In the data below, which lines contain "switches"? List them by copying each one.
---------- Exercise material ----------
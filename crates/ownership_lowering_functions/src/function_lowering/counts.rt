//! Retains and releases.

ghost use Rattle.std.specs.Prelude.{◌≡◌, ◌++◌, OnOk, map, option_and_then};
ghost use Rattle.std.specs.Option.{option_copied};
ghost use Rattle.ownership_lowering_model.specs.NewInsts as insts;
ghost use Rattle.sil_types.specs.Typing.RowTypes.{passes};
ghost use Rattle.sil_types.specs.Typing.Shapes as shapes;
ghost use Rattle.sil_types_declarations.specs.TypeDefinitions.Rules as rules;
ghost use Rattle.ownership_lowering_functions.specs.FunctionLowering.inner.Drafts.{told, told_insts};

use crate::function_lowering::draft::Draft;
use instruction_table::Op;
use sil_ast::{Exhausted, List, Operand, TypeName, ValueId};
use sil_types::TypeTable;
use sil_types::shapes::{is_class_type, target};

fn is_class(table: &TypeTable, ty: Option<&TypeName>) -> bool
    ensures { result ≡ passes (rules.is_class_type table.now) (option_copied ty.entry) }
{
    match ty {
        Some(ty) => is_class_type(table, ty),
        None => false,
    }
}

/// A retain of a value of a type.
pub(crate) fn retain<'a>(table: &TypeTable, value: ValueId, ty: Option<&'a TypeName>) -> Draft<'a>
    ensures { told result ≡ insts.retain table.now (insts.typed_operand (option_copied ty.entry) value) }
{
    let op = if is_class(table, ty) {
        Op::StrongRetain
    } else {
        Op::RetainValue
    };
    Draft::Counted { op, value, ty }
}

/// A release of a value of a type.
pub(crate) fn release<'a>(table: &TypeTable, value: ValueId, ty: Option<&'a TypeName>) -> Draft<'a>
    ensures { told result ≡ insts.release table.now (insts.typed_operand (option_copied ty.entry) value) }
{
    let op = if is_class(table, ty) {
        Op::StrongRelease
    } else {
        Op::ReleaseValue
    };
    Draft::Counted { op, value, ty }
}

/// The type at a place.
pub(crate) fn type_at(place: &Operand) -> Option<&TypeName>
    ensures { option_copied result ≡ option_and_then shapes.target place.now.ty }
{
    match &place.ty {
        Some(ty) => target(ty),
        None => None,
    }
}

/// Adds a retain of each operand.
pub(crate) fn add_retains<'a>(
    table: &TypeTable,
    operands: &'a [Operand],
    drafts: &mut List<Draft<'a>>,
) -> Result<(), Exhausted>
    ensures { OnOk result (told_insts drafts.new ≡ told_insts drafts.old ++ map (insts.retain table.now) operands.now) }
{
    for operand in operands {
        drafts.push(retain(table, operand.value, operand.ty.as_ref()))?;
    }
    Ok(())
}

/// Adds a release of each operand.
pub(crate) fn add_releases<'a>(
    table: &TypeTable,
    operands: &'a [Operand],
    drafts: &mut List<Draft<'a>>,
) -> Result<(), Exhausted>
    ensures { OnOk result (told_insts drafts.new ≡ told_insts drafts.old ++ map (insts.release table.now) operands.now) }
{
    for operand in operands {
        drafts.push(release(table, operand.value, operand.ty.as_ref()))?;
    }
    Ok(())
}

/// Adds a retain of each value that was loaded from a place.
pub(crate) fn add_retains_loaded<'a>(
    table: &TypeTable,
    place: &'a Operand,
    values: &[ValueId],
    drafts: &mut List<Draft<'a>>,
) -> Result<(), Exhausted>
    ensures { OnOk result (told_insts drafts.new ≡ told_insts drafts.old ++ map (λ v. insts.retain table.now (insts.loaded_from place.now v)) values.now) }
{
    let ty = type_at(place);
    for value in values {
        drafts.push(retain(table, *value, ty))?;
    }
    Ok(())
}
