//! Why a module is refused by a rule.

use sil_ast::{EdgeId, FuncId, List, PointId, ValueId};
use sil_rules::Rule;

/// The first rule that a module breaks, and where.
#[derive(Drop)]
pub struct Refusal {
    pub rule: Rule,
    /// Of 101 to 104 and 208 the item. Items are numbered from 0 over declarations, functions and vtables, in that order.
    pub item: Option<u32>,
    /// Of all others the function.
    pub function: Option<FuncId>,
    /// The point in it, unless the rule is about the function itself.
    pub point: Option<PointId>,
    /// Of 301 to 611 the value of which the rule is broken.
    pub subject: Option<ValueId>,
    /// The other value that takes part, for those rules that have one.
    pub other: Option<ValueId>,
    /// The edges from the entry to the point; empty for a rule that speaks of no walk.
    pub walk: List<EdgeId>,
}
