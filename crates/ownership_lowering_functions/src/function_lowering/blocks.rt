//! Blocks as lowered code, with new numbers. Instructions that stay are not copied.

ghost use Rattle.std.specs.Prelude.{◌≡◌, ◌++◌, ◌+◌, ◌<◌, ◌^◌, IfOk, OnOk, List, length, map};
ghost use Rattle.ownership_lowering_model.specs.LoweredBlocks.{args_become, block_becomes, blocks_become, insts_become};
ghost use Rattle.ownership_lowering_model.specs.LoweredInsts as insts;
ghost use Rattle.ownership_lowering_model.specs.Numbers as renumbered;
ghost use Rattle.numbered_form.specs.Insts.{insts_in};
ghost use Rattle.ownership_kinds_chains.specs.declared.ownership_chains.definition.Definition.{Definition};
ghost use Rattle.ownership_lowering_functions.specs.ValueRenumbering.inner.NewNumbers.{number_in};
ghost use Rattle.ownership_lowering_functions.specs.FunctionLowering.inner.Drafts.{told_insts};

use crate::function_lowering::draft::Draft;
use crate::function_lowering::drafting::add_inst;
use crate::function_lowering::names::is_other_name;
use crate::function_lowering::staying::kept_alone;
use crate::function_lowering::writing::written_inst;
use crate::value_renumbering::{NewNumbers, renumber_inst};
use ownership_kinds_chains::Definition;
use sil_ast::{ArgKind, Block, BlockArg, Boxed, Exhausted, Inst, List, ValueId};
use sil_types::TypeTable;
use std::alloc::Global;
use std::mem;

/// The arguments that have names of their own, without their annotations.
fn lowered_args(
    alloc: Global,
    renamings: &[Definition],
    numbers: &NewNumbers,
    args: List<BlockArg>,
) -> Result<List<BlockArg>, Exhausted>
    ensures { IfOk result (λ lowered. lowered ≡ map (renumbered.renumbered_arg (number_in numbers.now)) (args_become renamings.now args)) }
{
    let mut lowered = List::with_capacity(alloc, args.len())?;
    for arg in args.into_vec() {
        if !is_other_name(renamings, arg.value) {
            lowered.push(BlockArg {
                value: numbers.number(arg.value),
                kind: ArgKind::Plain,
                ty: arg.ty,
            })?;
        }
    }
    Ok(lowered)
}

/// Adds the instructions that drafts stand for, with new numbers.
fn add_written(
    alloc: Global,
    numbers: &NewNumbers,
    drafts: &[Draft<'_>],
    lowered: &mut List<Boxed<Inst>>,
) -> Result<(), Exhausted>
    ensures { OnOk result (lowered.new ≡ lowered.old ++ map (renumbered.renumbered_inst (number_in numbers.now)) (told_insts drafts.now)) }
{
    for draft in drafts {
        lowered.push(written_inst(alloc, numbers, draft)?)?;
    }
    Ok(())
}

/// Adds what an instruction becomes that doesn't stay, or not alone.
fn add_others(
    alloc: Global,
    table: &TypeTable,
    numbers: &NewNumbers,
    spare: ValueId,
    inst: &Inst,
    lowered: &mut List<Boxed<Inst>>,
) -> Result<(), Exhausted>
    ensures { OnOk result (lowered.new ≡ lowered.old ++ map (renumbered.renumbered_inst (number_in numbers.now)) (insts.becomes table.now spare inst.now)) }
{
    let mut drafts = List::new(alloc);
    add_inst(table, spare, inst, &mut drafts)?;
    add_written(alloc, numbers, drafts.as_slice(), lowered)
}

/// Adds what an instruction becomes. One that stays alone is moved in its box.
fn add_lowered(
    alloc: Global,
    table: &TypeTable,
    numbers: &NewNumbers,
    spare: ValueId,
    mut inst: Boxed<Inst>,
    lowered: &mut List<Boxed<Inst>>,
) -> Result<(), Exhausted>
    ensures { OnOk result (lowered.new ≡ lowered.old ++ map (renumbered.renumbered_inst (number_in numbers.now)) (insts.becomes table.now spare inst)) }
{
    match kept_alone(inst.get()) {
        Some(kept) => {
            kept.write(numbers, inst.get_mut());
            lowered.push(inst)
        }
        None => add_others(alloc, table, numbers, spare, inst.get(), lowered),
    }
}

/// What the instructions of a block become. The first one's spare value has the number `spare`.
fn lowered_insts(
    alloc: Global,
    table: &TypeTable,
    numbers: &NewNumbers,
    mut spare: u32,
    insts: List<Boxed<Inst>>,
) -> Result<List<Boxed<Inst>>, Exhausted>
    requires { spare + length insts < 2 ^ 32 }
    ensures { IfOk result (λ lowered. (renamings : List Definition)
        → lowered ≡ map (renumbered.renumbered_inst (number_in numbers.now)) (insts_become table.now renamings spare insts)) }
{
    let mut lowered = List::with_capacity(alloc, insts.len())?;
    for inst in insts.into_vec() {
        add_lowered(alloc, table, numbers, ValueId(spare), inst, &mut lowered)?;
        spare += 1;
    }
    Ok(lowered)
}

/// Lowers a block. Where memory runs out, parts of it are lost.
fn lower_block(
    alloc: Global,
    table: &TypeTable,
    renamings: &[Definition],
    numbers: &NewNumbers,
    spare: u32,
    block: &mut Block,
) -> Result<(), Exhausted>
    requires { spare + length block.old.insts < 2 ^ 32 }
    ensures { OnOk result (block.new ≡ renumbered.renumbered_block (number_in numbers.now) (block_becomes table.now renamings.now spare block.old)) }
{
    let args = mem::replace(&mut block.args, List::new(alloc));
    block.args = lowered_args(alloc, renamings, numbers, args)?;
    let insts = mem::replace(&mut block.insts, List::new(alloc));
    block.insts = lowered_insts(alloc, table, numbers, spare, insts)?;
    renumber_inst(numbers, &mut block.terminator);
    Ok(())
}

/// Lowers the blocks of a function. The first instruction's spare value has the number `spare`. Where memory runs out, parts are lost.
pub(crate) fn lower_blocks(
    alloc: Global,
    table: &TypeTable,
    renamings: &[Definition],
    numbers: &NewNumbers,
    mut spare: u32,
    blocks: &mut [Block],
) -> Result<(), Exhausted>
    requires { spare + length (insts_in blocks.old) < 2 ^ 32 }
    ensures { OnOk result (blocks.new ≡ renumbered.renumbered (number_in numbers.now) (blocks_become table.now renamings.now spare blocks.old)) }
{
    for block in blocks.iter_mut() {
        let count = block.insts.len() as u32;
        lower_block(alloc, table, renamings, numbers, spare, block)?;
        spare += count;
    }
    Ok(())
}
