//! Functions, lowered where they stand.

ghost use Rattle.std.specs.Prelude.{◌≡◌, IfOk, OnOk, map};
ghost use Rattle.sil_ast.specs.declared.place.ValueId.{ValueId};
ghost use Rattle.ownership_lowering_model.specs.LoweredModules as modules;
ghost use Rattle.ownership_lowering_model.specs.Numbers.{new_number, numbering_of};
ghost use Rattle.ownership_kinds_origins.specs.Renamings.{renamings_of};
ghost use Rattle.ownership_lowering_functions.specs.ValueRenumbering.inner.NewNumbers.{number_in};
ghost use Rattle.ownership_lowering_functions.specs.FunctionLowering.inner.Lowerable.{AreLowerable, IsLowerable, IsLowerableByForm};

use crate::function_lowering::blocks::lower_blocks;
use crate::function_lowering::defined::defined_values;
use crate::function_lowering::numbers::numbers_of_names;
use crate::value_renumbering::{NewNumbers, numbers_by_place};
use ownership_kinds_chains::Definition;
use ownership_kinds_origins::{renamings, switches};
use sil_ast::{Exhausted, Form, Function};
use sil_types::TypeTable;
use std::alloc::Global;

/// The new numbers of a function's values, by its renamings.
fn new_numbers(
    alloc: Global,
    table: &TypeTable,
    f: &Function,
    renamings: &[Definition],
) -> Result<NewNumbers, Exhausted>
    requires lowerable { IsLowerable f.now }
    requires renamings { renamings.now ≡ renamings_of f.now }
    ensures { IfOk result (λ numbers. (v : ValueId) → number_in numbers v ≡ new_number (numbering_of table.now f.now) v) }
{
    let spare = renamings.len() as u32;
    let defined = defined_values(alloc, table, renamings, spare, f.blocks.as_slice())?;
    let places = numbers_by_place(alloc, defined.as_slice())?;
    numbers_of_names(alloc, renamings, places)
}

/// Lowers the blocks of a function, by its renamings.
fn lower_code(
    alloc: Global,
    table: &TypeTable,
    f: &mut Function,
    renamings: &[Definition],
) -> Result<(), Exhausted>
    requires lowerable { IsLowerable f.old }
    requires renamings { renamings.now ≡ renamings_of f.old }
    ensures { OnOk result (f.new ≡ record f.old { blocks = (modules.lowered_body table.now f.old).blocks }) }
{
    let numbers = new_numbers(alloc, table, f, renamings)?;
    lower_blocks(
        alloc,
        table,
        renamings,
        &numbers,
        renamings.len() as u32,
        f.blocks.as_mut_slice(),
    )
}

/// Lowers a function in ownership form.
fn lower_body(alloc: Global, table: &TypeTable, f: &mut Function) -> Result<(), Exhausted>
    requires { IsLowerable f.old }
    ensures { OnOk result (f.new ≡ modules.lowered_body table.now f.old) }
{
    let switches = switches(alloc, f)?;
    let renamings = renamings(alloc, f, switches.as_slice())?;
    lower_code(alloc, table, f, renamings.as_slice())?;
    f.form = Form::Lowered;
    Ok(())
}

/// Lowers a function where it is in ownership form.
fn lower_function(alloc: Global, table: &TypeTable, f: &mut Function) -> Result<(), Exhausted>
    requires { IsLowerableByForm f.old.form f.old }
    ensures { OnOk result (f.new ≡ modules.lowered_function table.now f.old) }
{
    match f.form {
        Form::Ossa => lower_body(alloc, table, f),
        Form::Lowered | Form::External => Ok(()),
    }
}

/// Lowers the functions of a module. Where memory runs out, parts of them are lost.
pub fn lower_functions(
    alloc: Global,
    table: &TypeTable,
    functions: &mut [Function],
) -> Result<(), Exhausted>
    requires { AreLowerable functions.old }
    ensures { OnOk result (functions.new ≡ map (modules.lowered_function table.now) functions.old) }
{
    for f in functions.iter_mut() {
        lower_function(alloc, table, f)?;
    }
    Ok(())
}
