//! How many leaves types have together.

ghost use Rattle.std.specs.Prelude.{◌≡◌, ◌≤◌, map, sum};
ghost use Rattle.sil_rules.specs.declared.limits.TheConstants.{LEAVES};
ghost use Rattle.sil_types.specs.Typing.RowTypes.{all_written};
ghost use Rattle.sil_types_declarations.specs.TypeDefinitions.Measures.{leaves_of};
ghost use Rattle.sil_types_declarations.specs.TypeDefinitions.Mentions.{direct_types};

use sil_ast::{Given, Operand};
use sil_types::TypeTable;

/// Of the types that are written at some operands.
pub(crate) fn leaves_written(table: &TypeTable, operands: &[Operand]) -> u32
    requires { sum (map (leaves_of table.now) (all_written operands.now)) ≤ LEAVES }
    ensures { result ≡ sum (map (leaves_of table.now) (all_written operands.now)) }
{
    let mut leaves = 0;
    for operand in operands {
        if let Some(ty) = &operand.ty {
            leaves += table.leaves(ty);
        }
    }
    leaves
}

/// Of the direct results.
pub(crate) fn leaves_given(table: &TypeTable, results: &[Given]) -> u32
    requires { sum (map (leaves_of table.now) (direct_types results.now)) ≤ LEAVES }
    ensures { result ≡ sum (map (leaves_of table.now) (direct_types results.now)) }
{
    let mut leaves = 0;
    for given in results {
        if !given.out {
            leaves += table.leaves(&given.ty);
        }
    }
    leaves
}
----------
---------- Exercise material ----------
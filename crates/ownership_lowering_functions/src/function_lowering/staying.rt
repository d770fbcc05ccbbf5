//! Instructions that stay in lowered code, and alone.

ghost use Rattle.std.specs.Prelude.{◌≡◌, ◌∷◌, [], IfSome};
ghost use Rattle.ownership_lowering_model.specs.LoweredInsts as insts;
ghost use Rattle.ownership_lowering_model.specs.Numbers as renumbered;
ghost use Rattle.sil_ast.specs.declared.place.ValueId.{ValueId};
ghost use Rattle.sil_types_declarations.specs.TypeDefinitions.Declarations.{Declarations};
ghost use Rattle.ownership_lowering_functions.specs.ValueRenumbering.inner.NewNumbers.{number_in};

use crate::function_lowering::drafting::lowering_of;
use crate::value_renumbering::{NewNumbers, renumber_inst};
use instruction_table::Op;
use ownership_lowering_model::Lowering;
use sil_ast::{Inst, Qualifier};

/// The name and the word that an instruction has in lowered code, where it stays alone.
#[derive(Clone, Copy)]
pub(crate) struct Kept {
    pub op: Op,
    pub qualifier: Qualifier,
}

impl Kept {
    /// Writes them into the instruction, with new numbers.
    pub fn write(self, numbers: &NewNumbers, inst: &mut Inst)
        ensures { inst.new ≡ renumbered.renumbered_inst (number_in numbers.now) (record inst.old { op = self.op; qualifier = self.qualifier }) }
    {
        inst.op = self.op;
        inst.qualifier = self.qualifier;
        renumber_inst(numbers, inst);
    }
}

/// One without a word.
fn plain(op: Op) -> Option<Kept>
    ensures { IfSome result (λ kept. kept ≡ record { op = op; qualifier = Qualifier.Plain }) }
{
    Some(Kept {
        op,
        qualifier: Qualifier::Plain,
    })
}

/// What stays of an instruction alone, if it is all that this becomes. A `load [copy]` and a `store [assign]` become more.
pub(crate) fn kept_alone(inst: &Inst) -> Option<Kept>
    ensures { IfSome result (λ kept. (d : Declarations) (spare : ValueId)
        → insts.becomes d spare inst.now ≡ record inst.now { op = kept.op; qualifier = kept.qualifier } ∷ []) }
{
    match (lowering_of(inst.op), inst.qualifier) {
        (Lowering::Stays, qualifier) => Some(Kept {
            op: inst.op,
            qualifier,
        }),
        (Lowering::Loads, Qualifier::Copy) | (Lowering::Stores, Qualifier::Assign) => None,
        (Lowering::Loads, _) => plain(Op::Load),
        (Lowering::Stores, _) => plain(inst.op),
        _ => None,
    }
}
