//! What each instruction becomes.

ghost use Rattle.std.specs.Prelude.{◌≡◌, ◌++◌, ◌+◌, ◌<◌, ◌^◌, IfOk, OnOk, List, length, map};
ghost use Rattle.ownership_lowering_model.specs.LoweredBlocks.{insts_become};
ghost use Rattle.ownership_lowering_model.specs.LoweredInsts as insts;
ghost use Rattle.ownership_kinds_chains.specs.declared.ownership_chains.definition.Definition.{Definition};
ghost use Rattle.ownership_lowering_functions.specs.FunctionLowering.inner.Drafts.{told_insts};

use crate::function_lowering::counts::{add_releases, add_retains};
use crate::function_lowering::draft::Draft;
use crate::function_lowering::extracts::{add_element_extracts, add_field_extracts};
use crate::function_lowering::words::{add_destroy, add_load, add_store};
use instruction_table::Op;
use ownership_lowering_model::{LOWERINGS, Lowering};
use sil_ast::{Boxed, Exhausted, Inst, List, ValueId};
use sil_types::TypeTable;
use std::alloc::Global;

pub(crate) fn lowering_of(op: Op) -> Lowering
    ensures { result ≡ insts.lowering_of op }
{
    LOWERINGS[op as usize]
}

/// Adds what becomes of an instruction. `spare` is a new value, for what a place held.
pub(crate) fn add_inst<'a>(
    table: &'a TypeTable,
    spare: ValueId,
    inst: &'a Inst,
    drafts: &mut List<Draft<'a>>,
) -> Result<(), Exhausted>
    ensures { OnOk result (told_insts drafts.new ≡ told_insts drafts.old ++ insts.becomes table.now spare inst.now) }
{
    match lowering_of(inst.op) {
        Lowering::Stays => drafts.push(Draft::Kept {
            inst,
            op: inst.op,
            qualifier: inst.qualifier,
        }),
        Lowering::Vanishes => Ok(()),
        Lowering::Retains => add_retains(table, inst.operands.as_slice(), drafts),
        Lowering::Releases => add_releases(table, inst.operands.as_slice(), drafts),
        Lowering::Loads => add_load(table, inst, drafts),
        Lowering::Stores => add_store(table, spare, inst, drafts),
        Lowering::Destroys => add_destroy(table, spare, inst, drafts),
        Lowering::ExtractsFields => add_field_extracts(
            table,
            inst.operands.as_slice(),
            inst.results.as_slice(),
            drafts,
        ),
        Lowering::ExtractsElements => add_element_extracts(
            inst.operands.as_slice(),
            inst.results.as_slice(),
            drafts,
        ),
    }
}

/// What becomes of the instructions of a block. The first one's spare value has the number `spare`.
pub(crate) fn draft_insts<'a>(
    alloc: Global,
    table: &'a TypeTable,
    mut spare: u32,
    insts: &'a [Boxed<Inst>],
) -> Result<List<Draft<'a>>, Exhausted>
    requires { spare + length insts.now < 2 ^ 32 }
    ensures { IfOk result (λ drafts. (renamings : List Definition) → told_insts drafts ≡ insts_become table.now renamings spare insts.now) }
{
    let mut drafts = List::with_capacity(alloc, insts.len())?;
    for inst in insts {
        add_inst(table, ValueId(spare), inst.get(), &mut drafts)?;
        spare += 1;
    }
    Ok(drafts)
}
----------
The completed task =>
use ownership_kinds_origins::{renamings, switches};
    let switches = switches(alloc, f)?;
    let renamings = renamings(alloc, f, switches.as_slice())?;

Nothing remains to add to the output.